So, Can God Create a Rock so Heavy That Even He Can’t Lift It?
Can God create a rock so heavy He can’t lift it?
People have been asking this question for more than eight hundred years. It is frequently deployed as a bad faith “gotcha” to trap Christians. What makes the question troubling is that to accept either a “yes” or “no” answer seemingly leads to a limitation on God’s power.
- If God can make a rock heavier than He can lift, then there’s something God can’t do (lift the rock).
- If God can’t make a rock heavier than He can lift, then there’s still something He can’t do (create the rock).
Either answer indicates that God is restricted in some way. Thus, believers often feel trapped, disliking either option. But, because the Bible teaches that God is all-powerful, there must be a solution to this question (in real life!) that shows that God retains both His omnipotence and His sovereignty. So, what is it?
Approaching the Question
Imagine you’re a young athlete “running the bulls” in Pamplona. The worst-case scenario happens, and you’re suddenly trapped at a dead end in an extremely tight alley with a bull charging straight toward you. You can’t go to the left or to the right, so what do you do? You need to add a literal dimension to your thinking. You jump over the bull.

In fact, this precise move is what logicians call “escaping through the horns” of an argument. When presented with two bad options, a logician attempts to find a third option that is good.
Back in the 1100s (I told you this problem has been around for a long time!), a Jewish thinker named Maimonides tried to escape between the horns and developed a solution that explains the confusion behind the question.
Answering the Question
Maimonides (also known as Ramjam, which is unquestionably the most rock ’n’ roll nickname ever) realized the question was premised on a misunderstanding of impossibility. The question confuses natural impossibility with logical impossibility.

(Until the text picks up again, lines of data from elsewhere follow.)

//! Workers in threads over files, one of which fails at one of its calls.
ghost use Rattle.std.specs.Prelude.{◌≤◌};

use crate::running::{Page, begin, end, is_page, play};
use crate::same::same;
use crate::worlds::{Report, fused_files, open_world, stands_in_fused};
use crossbeam_channel::{Receiver, unbounded};
use disk_model::{FourFiles, Fused, ModelFile};
use shared_capture::{Method, Pong, Zig};
use std::alloc::Global;
use std::process::Abort;
use std::sync::Wait;
use std::thread::Threads;
use worker_steps::Gates;
use worker_threads::StoppedWorkers;
use workers::Open;

const BATCHES: &[u8] =
    b"add 0 1\nget 0\nend\nadd 0 1\nget 0\nend\nadd 0 1\nget 0\nend\nadd 0 1\nget 0\nend\n";

/// How many calls of the log a tick takes: two writes, each with its sync.
const TICK_CALLS: u64 = 4;

// The answers to four batches, by how many ticks are acknowledged.
const ANSWERED: [&[u8]; 5] = [
    b"fault 12\nfault 12\nfault 12\nfault 12\n",
    b"tick 1: + =1\nfault 12\nfault 12\nfault 12\n",
    b"tick 1: + =1\ntick 2: + =2\nfault 12\nfault 12\n",
    b"tick 1: + =1\ntick 2: + =2\ntick 3: + =3\nfault 12\n",
    b"tick 1: + =1\ntick 2: + =2\ntick 3: + =3\ntick 4: + =4\n",
];

// The file that fails.
#[derive(Clone, Copy, Debug, PartialEq, Eq)]
enum Broken {
    ImageB,
    LogA,
}

type BrokenFile = Fused<ModelFile>;

// The files of a new world of two cells. One of them fails at its call of this number.
fn broken_files(rt: &impl Abort, alloc: Global, broken: Broken, call: u64) -> FourFiles<BrokenFile>
    requires { 1 ≤ call }
{
    let mut files = fused_files(rt, alloc);
    match broken {
        Broken::ImageB => files.image_b.arm(call),
        Broken::LogA => files.log_a.arm(call),
    }
    files
}

fn is_opened<M: Method>(alloc: Global, files: FourFiles<BrokenFile>) -> bool {
    let opened = open_world::<M, BrokenFile>(alloc, files);
    let is_opened = opened.is_ok();
    drop(opened);
    is_opened
}

// Returns the number of the first call on a file that the workers make. The calls before
// it open the world.
fn first_call<M: Method>(rt: &impl Abort, alloc: Global, broken: Broken) -> u64 {
    for call in 1..100 {
        if is_opened::<M>(alloc, broken_files(rt, alloc, broken, call)) {
            return call;
        }
    }
    panic!(rt; "no world was opened")
}

// The results of a run over files one of which fails.
#[derive(Drop)]
struct Left<M: Method> {
    stopped: StoppedWorkers<M, BrokenFile, Open, Open, Open>,
    page: Page,
    heard: Receiver<Report>,
}

// Runs a session of four batches over files one of which fails at its call of this number.
fn play_broken<M: Method + Send + 'static, R: Threads + Wait + Abort + Copy + Send + 'static>(
    rt: &R,
    alloc: Global,
    broken: Broken,
    call: u64,
    every: u32,
) -> Left<M>
    requires { 1 ≤ call }
{
    let gates = Gates {
        mutator: Open,
        checkpointer: Open,
        log_writer: Open,
    };
    let (to, heard) = unbounded(alloc).expect(rt, "a channel");
    let files = broken_files(rt, alloc, broken, call);
    let (workers, requests) = begin(rt, alloc, files, gates, to, every);
    let page = play(rt, alloc, requests, BATCHES);
    Left {
        stopped: end(rt, workers),
        page,
        heard,
    }
}

// The page of a session of four batches, of which so many were acknowledged.
fn answered(acked: u64) -> &'static [u8] {
    match ANSWERED.get(acked as usize) {
        Some(text) => text,
        None => b"no such page",
    }
}

// The expected results of four batches: how many ticks end and are acknowledged, and if the log
// goes down or else the images do. Exactly one report comes, which is `reported`.
#[derive(Clone, Copy)]
struct Outcome {
    ended: u64,
    acked: u64,
    is_log_down: bool,
    reported: Report,
}

fn is_reported(rt: &(impl Wait + Abort), heard: &Receiver<Report>, reported: Report) {
    same(rt, "what is reported", heard.recv(rt).ok(), Some(reported));
    same(rt, "what is reported then", heard.recv(rt).ok(), None);
}

fn are_ends<M: Method>(
    rt: &impl Abort,
    stopped: &StoppedWorkers<M, BrokenFile, Open, Open, Open>,
    outcome: Outcome,
) {
    let (mutator, log_writer) = (&stopped.mutator, &stopped.log_writer);
    same(rt, "ticks ended", mutator.ended(), outcome.ended);
    same(rt, "ticks acknowledged", log_writer.acked(), outcome.acked);
    let are_down = (log_writer.is_down(), stopped.checkpointer.is_down());
    let is_down = outcome.is_log_down;
    same(rt, "log and images down", are_down, (is_down, !is_down));
}

// No image is written, and the files have the acknowledged ticks.
fn is_left<M: Method>(rt: &(impl Wait + Abort), alloc: Global, left: &Left<M>, outcome: Outcome) {
    let acked = outcome.acked;
    is_page(rt, &left.page, answered(acked));
    are_ends(rt, &left.stopped, outcome);
    is_reported(rt, &left.heard, outcome.reported);
    let stopped = &left.stopped;
    let found = stands_in_fused(
        rt,
        alloc,
        stopped.checkpointer.images(),
        stopped.log_writer.log(),
    );
    same(rt, "what stands", found, (acked, 0, acked));
}

// Runs workers over files one of which fails at its call of this number, and checks the results.
fn try_broken<M: Method + Send + 'static, R: Threads + Wait + Abort + Copy + Send + 'static>(
    rt: &R,
    alloc: Global,
    broken: Broken,
    call: u64,
    every: u32,
    outcome: Outcome,
)
    requires { 1 ≤ call }
{
    let left = play_broken::<M, R>(rt, alloc, broken, call, every);
    is_left(rt, alloc, &left, outcome);
    drop(left);
}

// The number of the call that comes so many calls after the workers' first one.
fn later_call(first: u64, after: u64) -> u64
    ensures { 1 ≤ result }
{
    first.saturating_add(after).max(1)
}

// The results if the log goes down after so many ticks, which stay acknowledged.
fn log_down(acked: u64) -> Outcome {
    Outcome {
        ended: acked.saturating_add(1),
        acked,
        is_log_down: true,
        reported: Report::LogDown(acked),
    }
}

// Lets each of the calls of each tick fail in turn.
fn try_log<M: Method + Send + 'static, R: Threads + Wait + Abort + Copy + Send + 'static>(
    rt: &R,
    alloc: Global,
) {
    let first = first_call::<M>(rt, alloc, Broken::LogA);
    for after in 0..4 * TICK_CALLS {
        let call = later_call(first, after);
        let outcome = log_down(after / TICK_CALLS);
        try_broken::<M, R>(rt, alloc, Broken::LogA, call, 64, outcome);
    }
}

#[test]
fn sessions_are_refused_once_the_log_is_down(rt: HostRuntime) {
    try_log::<Zig, HostRuntime>(&rt, rt.alloc());
    try_log::<Pong, HostRuntime>(&rt, rt.alloc());
}

// The results if the image of the first round, in image.b, isn't written. Play continues.
const IMAGES_DOWN: Outcome = Outcome {
    ended: 4,
    acked: 4,
    is_log_down: false,
    reported: Report::ImagesDown,
};

// Lets each of the first four calls of an image fail in turn.
fn try_images<M: Method + Send + 'static, R: Threads + Wait + Abort + Copy + Send + 'static>(
    rt: &R,
    alloc: Global,
) {
    let first = first_call::<M>(rt, alloc, Broken::ImageB);
    for after in 0..4 {
        let call = later_call(first, after);
        try_broken::<M, R>(rt, alloc, Broken::ImageB, call, 1, IMAGES_DOWN);
    }
}

#[test]
fn play_goes_on_once_the_images_are_down(rt: HostRuntime) {
    try_images::<Zig, HostRuntime>(&rt, rt.alloc());
    try_images::<Pong, HostRuntime>(&rt, rt.alloc());
}
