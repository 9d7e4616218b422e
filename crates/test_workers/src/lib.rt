//! Tests of sessions over a port, of connections by a port and by a socket, and of workers in
//! threads over files in memory. A round stays open while ticks are answered, and an image gets
//! ticks before the log does. Each call of a file fails in turn, and crashes are tried once the
//! workers' ends have met. Other tests make the steps of workers in one thread. Commands run on a
//! folder in memory, `ModelFolder`, which keeps all that a `Folder` promises.
//!
//! A large value is dropped by a call of `drop`, which is proved much faster than its drop at
//! the end of a scope.
#![tactic(auto)]

#[cfg(test)]
mod asks;
#[cfg(test)]
mod connections;
#[cfg(test)]
mod covers;
#[cfg(test)]
mod cut_off;
#[cfg(test)]
mod failing;
#[cfg(test)]
mod folders;
#[cfg(test)]
mod held;
mod model_folder;
mod note;
#[cfg(test)]
mod orders;
#[cfg(test)]
mod over_port;
#[cfg(test)]
mod refusals;
#[cfg(test)]
mod rounds;
#[cfg(test)]
mod running;
#[cfg(test)]
mod same;
#[cfg(test)]
mod serial;
#[cfg(test)]
mod stopped;
#[cfg(test)]
mod tcp;
#[cfg(test)]
mod worlds;

pub use model_folder::{ModelDisk, ModelFolder, ModelHandle};
pub use note::Note;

What he meant was that some ideas go against the laws of nature (hence, “natural impossibility”), while other ideas go against logic itself. For example, we can imagine an axe head floating to the surface of water, because even though that would go against the laws of nature, there are multiple ways it could happen (invisible wire lifting it, an angel lifting it, God’s own direct force lifting it, God temporarily changing the properties of the axe head so that it floats, God simply setting aside the law of gravity, etc.). It is naturally impossible for an axe head to float, but it is feasible that God could cause it to float by direct or indirect means.
But logical impossibility? Something logically impossible is self-referentially absurd because of its very description: square circles, married bachelors, a great Transformers movie (okay, that last one might be possible).

Logical impossibilities go against reason itself. The Bible is clear that God is the Logos, that reason is bound up inextricably in God’s nature. God can’t go against Himself. Unlike us, God can’t betray Himself. He can’t sin against Himself. He can’t stop being Himself.
People who ask, “Can God create a rock so big even He can’t lift it?” are typically more interested in watching Christians squirm than in receiving an actual philosophical answer to the question. But there is an answer. The solution to this classic question is not “yes” or “no.” It is to reject the flawed premise of the question as a logical impossibility and to understand that when something is logically impossible, the possibility of its existence is shattered against the rock of God’s own unchanging reality.